* _Problem details_:
Below are some entries. Count how many of their lines include "calls", then give that number only.

* _Input records_:
· · · ·
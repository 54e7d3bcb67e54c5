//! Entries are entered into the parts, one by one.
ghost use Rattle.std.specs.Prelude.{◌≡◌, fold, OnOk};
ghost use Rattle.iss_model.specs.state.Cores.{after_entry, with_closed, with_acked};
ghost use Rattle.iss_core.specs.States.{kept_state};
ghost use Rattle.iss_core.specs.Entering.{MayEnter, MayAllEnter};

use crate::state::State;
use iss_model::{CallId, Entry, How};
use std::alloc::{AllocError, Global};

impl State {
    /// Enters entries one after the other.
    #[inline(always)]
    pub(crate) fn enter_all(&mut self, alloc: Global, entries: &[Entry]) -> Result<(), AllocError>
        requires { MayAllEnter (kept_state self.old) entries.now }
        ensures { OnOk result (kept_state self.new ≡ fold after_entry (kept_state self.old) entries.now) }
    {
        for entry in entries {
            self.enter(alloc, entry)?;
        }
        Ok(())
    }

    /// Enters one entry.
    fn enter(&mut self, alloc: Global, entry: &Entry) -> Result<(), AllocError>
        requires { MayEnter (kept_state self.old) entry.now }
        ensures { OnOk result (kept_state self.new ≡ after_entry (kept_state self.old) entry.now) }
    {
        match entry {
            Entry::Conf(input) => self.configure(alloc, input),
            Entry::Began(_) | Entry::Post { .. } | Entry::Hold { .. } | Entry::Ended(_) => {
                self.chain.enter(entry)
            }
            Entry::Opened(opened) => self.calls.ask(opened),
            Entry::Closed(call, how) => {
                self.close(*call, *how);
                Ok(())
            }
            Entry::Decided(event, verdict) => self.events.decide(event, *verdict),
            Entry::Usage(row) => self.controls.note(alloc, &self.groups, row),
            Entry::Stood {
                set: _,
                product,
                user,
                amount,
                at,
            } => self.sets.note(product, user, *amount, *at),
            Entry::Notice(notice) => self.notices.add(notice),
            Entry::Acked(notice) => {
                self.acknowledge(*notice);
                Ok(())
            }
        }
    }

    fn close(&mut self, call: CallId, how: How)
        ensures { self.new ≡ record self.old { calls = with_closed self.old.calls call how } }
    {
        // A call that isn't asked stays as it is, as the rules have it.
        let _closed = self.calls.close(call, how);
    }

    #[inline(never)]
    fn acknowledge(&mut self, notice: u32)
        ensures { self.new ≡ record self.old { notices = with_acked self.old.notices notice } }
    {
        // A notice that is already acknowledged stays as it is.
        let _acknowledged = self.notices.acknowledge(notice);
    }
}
· · · ·
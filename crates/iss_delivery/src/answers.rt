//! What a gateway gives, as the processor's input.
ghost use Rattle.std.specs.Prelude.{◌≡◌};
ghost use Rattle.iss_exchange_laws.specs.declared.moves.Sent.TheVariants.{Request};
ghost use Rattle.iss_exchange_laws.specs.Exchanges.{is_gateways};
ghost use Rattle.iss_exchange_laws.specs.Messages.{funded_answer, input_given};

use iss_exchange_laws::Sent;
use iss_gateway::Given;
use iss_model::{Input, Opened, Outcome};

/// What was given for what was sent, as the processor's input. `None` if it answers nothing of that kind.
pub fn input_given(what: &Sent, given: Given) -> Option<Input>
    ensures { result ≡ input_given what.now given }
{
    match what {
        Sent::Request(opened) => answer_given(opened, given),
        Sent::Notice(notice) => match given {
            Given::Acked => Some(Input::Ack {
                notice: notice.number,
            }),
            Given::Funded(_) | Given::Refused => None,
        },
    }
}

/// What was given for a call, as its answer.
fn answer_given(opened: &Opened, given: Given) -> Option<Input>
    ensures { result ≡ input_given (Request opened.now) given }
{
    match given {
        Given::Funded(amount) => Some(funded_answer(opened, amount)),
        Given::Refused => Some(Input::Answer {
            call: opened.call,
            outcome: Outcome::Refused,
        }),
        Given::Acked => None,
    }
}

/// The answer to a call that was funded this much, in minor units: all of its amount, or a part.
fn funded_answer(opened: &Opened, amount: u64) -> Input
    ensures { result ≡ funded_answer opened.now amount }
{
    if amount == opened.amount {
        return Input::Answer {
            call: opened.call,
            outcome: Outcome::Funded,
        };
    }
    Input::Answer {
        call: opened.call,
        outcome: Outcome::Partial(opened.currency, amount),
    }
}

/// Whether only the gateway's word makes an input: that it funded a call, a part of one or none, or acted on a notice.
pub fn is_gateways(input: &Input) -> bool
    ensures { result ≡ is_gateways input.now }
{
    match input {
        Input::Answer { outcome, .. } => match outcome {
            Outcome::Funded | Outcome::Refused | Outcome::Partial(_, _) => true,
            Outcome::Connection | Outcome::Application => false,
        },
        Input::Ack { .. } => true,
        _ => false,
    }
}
· · · ·
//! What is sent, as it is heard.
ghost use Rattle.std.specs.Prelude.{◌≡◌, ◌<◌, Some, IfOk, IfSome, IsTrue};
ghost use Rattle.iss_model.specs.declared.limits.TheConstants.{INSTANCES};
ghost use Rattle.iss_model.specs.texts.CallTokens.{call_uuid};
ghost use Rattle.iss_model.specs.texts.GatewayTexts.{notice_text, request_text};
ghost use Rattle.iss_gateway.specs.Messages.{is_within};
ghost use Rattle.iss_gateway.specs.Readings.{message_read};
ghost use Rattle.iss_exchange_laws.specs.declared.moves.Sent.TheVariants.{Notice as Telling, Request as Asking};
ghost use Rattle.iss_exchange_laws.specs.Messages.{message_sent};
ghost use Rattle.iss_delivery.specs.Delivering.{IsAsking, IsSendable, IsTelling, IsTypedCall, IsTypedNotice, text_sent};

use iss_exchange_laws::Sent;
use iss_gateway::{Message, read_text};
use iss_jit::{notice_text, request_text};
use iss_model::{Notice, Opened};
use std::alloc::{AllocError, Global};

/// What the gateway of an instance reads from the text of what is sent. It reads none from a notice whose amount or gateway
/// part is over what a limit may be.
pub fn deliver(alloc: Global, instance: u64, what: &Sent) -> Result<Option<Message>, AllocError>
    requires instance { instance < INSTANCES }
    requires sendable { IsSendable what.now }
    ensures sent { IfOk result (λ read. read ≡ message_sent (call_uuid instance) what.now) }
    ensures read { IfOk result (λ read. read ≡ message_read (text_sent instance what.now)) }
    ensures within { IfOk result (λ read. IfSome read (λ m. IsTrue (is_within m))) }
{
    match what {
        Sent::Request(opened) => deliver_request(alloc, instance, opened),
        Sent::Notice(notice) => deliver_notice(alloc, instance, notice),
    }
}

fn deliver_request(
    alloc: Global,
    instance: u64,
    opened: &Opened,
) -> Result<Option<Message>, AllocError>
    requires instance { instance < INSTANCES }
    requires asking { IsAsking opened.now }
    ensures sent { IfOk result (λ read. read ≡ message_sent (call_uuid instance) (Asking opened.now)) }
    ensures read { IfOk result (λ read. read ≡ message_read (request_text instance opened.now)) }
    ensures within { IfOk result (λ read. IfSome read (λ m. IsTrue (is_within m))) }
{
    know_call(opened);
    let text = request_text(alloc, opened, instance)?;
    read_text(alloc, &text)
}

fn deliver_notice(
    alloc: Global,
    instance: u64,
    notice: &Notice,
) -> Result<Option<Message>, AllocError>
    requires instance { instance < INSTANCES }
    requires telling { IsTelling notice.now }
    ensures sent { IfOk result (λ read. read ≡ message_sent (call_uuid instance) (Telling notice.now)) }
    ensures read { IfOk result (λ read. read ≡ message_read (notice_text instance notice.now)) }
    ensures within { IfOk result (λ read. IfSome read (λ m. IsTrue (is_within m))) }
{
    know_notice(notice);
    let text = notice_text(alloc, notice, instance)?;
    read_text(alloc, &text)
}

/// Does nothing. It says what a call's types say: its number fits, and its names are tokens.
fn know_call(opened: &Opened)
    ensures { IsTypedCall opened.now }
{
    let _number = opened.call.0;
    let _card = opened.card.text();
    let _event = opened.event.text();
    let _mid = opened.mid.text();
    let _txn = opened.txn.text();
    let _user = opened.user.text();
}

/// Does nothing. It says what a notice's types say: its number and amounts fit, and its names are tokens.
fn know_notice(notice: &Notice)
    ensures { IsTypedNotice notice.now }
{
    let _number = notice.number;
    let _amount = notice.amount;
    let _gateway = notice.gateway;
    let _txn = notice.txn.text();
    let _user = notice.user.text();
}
· · · ·
* _Written response_:
3